▶ WORK ITEM
Write each line again exactly as it is, from the opening line of the records below through the one containing "use crate::sends::crashed_at;", and add nothing.
GIVEN RECORDS START
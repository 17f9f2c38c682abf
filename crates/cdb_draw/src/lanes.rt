//! The lanes of a picture.

ghost use Rattle.std.specs.Prelude.{◌≡◌, ◌+◌, ◌*◌, ◌≤◌, length};
ghost use Rattle.cdb_draw.specs.Lanes.{end_after, lane_at, lane_end, lane_of_row, lane_text, lanes_by, lanes_text};
ghost use Rattle.cdb_draw.specs.Lanes.{process_lane, register_lane_text, register_name};
ghost use Rattle.cdb_draw.specs.Layout.{grid_of, IsGrid};
ghost use Rattle.cdb_draw.specs.Pieces.{piece_text, pieces_text};
ghost use Rattle.cdb_text.specs.Pushes.{Pushes};

use crate::layout::{Grid, end_x, lane_y, register_y, row_of, x_of};
use crate::piece::Piece::{After, Number, Text};
use crate::piece::{Piece, push_each};
use crate::sends::crashed_at;
use cdb_base::limits::MAX_ENTRIES;
use cdb_base::{Event, Proc};
use cdb_rules::Trace;
use cdb_setup::Algorithm;
use std::alloc::AllocError;

/// A lane of that class, so far down.
#[tactic(auto, unfolding(crate::specs::Lanes::lane_text))]
fn lane(
    class: &'static str,
    y: usize,
    name: Piece<'static>,
    detail: Piece<'static>,
    end: usize,
) -> [Piece<'static>; 11]
    ensures { pieces_text result
        ≡ lane_text class.now y (piece_text name.entry) (piece_text detail.entry) end }
{
    [
        Text("<g class='"),
        Text(class),
        Text("' transform='translate(0,"),
        Number(y),
        Text(")'><text x='8'>"),
        name,
        Text("</text><text class='input' x='8' y='12'>"),
        detail,
        Text("</text><path d='M72,0H"),
        Number(end),
        Text("'/></g>\n"),
    ]
}

/// Where the lane of a process that crashes ends in a row.
fn end_after(grid: Grid, row: usize, crash: usize) -> usize
    requires grid { IsGrid grid }
    requires crash { crash ≤ MAX_ENTRIES }
    ensures { result ≡ end_after grid row crash }
{
    let last = row_of(grid, crash);
    if row < last {
        end_x(grid)
    } else if row == last {
        x_of(grid, crash)
    } else {
        72
    }
}

/// Where the lane of a process ends in a row.
fn lane_end(grid: Grid, events: &[Event], row: usize, p: Proc) -> usize
    requires grid { IsGrid grid }
    requires few { length events.now ≤ MAX_ENTRIES }
    ensures { result ≡ lane_end grid events.now row p }
{
    match crashed_at(events, p) {
        Some(crash) => end_after(grid, row, crash),
        None => end_x(grid),
    }
}

/// The lane of a process in a row.
fn process_lane(grid: Grid, run: &Trace, row: usize, p: Proc) -> [Piece<'static>; 11]
    requires grid { IsGrid grid }
    requires few { length run.now.history ≤ MAX_ENTRIES }
    requires row { row ≤ MAX_ENTRIES }
    requires among { p ≤ run.now.setup.processes }
    ensures { pieces_text result ≡ process_lane grid run.now row p }
{
    let end = lane_end(grid, run.events(), row, p);
    let setup = run.setup();
    let input = setup.input(p).number() as usize;
    let number = usize::from(p.number());
    lane(
        "lane",
        lane_y(grid, row, p),
        After("p", number),
        After("input ", input),
        end,
    )
}

/// The lane of the `k`-th register in a row.
fn register_lane(grid: Grid, row: usize, k: usize) -> [Piece<'static>; 11]
    requires grid { IsGrid grid }
    requires row { row ≤ MAX_ENTRIES }
    requires few { k ≤ 10 }
    ensures { pieces_text result ≡ register_lane_text grid row k }
{
    let name = if k <= grid.processes {
        After("r", k)
    } else {
        Text("dec")
    };
    lane(
        "register",
        register_y(grid, row, k),
        name,
        Text(""),
        end_x(grid),
    )
}

/// The `k`-th lane of a row.
fn lane_of_row(grid: Grid, run: &Trace, row: usize, k: usize) -> [Piece<'static>; 11]
    requires grid { IsGrid grid }
    requires processes { grid.processes ≡ run.now.setup.processes }
    requires few { length run.now.history ≤ MAX_ENTRIES }
    requires row { row ≤ MAX_ENTRIES }
    requires from_one { 1 ≤ k }
    requires to_last { k ≤ grid.processes + grid.processes + 1 }
    ensures { pieces_text result ≡ lane_of_row grid run.now row k }
{
    if k <= grid.processes {
        process_lane(grid, run, row, Proc::new(k as u8))
    } else {
        register_lane(grid, row, k - grid.processes)
    }
}

/// How many lanes a row has.
fn lanes_by(algorithm: Algorithm, processes: usize) -> usize
    requires some { 1 ≤ processes }
    requires few { processes ≤ 9 }
    ensures value { result ≡ lanes_by algorithm processes }
    ensures some { 1 ≤ result }
    ensures few { result ≤ processes + processes + 1 }
{
    match algorithm {
        Algorithm::Leader => processes,
        Algorithm::Alpha => 2 * processes + 1,
    }
}

/// Adds the lanes of all rows.
pub(crate) fn push_lanes(text: &mut String, grid: Grid, run: &Trace) -> Result<(), AllocError>
    requires grid { IsGrid grid }
    requires processes { grid.processes ≡ run.now.setup.processes }
    requires few { length run.now.history ≤ MAX_ENTRIES }
    ensures { Pushes result text.old text.new (lanes_text grid run.now) }
{
    let lanes = lanes_by(run.setup().algorithm(), grid.processes);
    for i in 0..grid.rows * lanes {
        push_each(text, &lane_of_row(grid, run, i / lanes, i % lanes + 1))?;
    }
    Ok(())
}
GIVEN RECORDS END
▶ RESPONSE FOR THIS EXERCISE
repository 17f9f2c38c682abf
filename crates/cdb_draw/src/lanes.rt
//! The lanes of a picture.

ghost use Rattle.std.specs.Prelude.{◌≡◌, ◌+◌, ◌*◌, ◌≤◌, length};
ghost use Rattle.cdb_draw.specs.Lanes.{end_after, lane_at, lane_end, lane_of_row, lane_text, lanes_by, lanes_text};
ghost use Rattle.cdb_draw.specs.Lanes.{process_lane, register_lane_text, register_name};
ghost use Rattle.cdb_draw.specs.Layout.{grid_of, IsGrid};
ghost use Rattle.cdb_draw.specs.Pieces.{piece_text, pieces_text};
ghost use Rattle.cdb_text.specs.Pushes.{Pushes};

use crate::layout::{Grid, end_x, lane_y, register_y, row_of, x_of};
use crate::piece::Piece::{After, Number, Text};
use crate::piece::{Piece, push_each};
use crate::sends::crashed_at;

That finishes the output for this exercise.